Poor administration, lack of cost controls, and perverse distributional results are "features" that are far too typical of tax-based subsidies. Yet despite these obvious drawbacks, many politicians, particularly those who style themselves "conservatives," find tax expenditures extremely attractive. One wonders: Do they actually favor the upside-down approach to subsidies? Do they think poorly administered programs are a good idea? Are they unconcerned about the impact of uncontrolled spending on the budget deficit? Or do they simply see tax subsidies as a way to earn political points with their backers and exert power over society and the economy without having their efforts show up in the official spending budget?

This last point may be the key. Because of the way the government's budget books are kept, unscrupulous politicians can have their cake and eat it, too. To institute a new direct spending program that doesn't increase the deficit, Congress must enact an offsetting tax increase to pay for it. Officially, this will show up in the budget as higher federal spending and higher federal taxes. But if an equivalent tax expenditure program is enacted and is paid for with higher taxes on people and/or companies not benefited, the combination will show up in the aggregate budget numbers as a wash. Neither net taxes nor spending will appear to go up in the official budget.

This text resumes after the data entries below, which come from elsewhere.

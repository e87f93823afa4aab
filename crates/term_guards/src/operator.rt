//! The guard of each operator.

ghost use Rattle.std.specs.Prelude.{◌≡◌, IfOk};
ghost use Rattle.mon_syntax.specs.declared.tree.MonType.TheVariants.{I32};
ghost use Rattle.mon_syntax.specs.Trees.{Constant, plain_expr};
ghost use Rattle.term_guards.specs.Guards.{guard, is_nonnegative, is_nonzero};

use c_syntax::BinOp;
use mon_syntax::{MonExpr, MonExprKind, MonOp, MonType};
use std::alloc::{AllocError, Global};

/// An expression that is 1 where the operator is defined on its operands, and 0 elsewhere. The second operand is of the
/// type `t`, which isn't that of pointers; the first one plays no part.
pub fn guard(alloc: Global, t: MonType, op: BinOp, right: MonExpr) -> Result<MonExpr, AllocError>
    ensures { IfOk result (λ e. plain_expr e ≡ guard t op (plain_expr right)) }
{
    match op {
        BinOp::Div | BinOp::Rem => is_nonzero(alloc, t, right),
        BinOp::Shl | BinOp::Shr => is_nonnegative(alloc, t, right),
        BinOp::Add | BinOp::Sub | BinOp::Mul => constant(alloc, MonType::I32, 1),
        BinOp::BitAnd | BinOp::BitOr | BinOp::BitXor => constant(alloc, MonType::I32, 1),
        BinOp::Eq | BinOp::Ne | BinOp::Lt | BinOp::Le | BinOp::Gt | BinOp::Ge => {
            constant(alloc, MonType::I32, 0)
        }
    }
}

fn constant(alloc: Global, t: MonType, n: i128) -> Result<MonExpr, AllocError>
    ensures { IfOk result (λ e. plain_expr e ≡ Constant t n) }
{
    MonExpr::new(alloc, MonExprKind::Constant(t, n))
}

/// `e != 0`
fn is_nonzero(alloc: Global, t: MonType, e: MonExpr) -> Result<MonExpr, AllocError>
    ensures { IfOk result (λ x. plain_expr x ≡ is_nonzero t (plain_expr e)) }
{
    let zero = constant(alloc, t, 0)?;
    MonExpr::new(alloc, MonExprKind::Binary(MonOp::Ne, t, e, zero))
}

/// `0 <= e`
fn is_nonnegative(alloc: Global, t: MonType, e: MonExpr) -> Result<MonExpr, AllocError>
    ensures { IfOk result (λ x. plain_expr x ≡ is_nonnegative t (plain_expr e)) }
{
    let zero = constant(alloc, t, 0)?;
    MonExpr::new(alloc, MonExprKind::Binary(MonOp::Le, t, zero, e))
}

In their proposed "Contract," GOP leaders in Congress talked a lot about cutting spending. But among the most significant specific expenditure changes they proposed in 1995 were more than $100 billion a year in increased tax-based spending programs. Ironically, these huge new tax entitlements ­ mostly targeted to large corporations and the wealthy ­ were designed to show up in the budget not as additional spending, but as tax cuts.

Ultimately, of course, tax entitlements are not free. If all current tax expenditures were suddenly repealed, for example, the deficit could be eliminated and income tax rates could be reduced across the board by about 25%. Such a radical step is unlikely, of course, and in the case of some tax expenditures, the net change in most people's bottom-line tax payments might not be very significant. But there are many expensive tax subsidy programs whose benefits are very heavily concentrated on the best-off people. Eliminating or scaling back these kinds of tax entitlements could make a very significant difference in improving tax fairness and easing most people's tax burdens. Such steps would also be likely to improve economic growth to boot, by curbing wasteful tax-sheltering activities and thereby increasing productive market-driven investment.